● **EXERCISE DIRECTIONS**
Check each line below for the word "specs", and copy those that have it.

● **DATA EXTRACTS**
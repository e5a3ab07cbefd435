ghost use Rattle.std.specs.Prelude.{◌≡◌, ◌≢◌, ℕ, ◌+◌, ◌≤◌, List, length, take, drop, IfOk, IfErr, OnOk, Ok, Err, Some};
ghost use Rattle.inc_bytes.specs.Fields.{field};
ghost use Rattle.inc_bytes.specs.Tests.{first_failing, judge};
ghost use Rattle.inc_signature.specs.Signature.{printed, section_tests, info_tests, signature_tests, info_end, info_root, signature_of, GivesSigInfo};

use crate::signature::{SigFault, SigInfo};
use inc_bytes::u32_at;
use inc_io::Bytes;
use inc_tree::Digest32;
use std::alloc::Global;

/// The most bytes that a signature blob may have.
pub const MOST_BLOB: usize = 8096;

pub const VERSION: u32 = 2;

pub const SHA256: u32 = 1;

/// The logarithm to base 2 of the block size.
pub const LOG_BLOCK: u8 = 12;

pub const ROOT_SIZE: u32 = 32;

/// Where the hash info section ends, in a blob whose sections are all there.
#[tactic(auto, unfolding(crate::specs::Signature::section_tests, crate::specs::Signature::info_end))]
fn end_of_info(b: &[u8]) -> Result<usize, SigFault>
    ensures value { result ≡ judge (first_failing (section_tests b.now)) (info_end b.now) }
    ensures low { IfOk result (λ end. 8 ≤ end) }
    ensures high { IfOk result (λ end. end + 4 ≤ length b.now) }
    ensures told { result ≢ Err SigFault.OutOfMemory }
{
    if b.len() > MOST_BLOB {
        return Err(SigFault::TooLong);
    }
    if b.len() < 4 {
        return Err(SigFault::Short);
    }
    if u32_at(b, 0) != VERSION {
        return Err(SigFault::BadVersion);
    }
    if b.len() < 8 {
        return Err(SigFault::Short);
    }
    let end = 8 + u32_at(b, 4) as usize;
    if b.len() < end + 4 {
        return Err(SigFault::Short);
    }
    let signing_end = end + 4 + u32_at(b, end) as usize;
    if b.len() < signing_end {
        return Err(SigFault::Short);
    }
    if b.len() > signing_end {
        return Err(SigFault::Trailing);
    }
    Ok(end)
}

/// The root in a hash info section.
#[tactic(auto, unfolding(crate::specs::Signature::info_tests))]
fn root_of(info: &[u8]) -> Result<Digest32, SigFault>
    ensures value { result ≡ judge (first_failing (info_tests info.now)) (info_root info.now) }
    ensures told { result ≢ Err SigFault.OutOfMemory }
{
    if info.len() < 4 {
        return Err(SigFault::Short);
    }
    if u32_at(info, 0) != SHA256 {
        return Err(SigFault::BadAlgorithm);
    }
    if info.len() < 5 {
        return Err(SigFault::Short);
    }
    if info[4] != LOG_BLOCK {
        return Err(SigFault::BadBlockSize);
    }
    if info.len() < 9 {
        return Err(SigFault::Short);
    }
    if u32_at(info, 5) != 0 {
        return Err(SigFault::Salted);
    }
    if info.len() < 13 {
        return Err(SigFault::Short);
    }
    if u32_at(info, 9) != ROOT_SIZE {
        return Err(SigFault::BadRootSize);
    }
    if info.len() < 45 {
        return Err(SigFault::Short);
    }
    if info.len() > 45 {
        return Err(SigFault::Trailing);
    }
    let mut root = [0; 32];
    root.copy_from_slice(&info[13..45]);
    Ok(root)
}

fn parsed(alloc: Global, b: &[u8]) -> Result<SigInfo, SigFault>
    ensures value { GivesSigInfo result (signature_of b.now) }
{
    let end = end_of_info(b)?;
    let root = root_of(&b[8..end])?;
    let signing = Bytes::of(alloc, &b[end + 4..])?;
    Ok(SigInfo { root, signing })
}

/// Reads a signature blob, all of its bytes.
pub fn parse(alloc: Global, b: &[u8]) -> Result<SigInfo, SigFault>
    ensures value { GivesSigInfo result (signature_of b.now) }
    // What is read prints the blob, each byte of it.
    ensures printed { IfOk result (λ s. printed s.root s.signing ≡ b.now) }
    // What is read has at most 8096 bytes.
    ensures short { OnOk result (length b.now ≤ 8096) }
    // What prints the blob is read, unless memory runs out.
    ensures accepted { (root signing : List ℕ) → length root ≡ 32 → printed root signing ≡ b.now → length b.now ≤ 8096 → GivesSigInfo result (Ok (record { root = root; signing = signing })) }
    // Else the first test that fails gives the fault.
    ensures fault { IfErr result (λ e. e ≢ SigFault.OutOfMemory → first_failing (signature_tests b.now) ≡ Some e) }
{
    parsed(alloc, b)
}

● **ANSWER TO THIS PROBLEM**
ghost use Rattle.std.specs.Prelude.{◌≡◌, ◌≢◌, ℕ, ◌+◌, ◌≤◌, List, length, take, drop, IfOk, IfErr, OnOk, Ok, Err, Some};
ghost use Rattle.inc_bytes.specs.Fields.{field};
ghost use Rattle.inc_bytes.specs.Tests.{first_failing, judge};
ghost use Rattle.inc_signature.specs.Signature.{printed, section_tests, info_tests, signature_tests, info_end, info_root, signature_of, GivesSigInfo};
#[tactic(auto, unfolding(crate::specs::Signature::section_tests, crate::specs::Signature::info_end))]
#[tactic(auto, unfolding(crate::specs::Signature::info_tests))]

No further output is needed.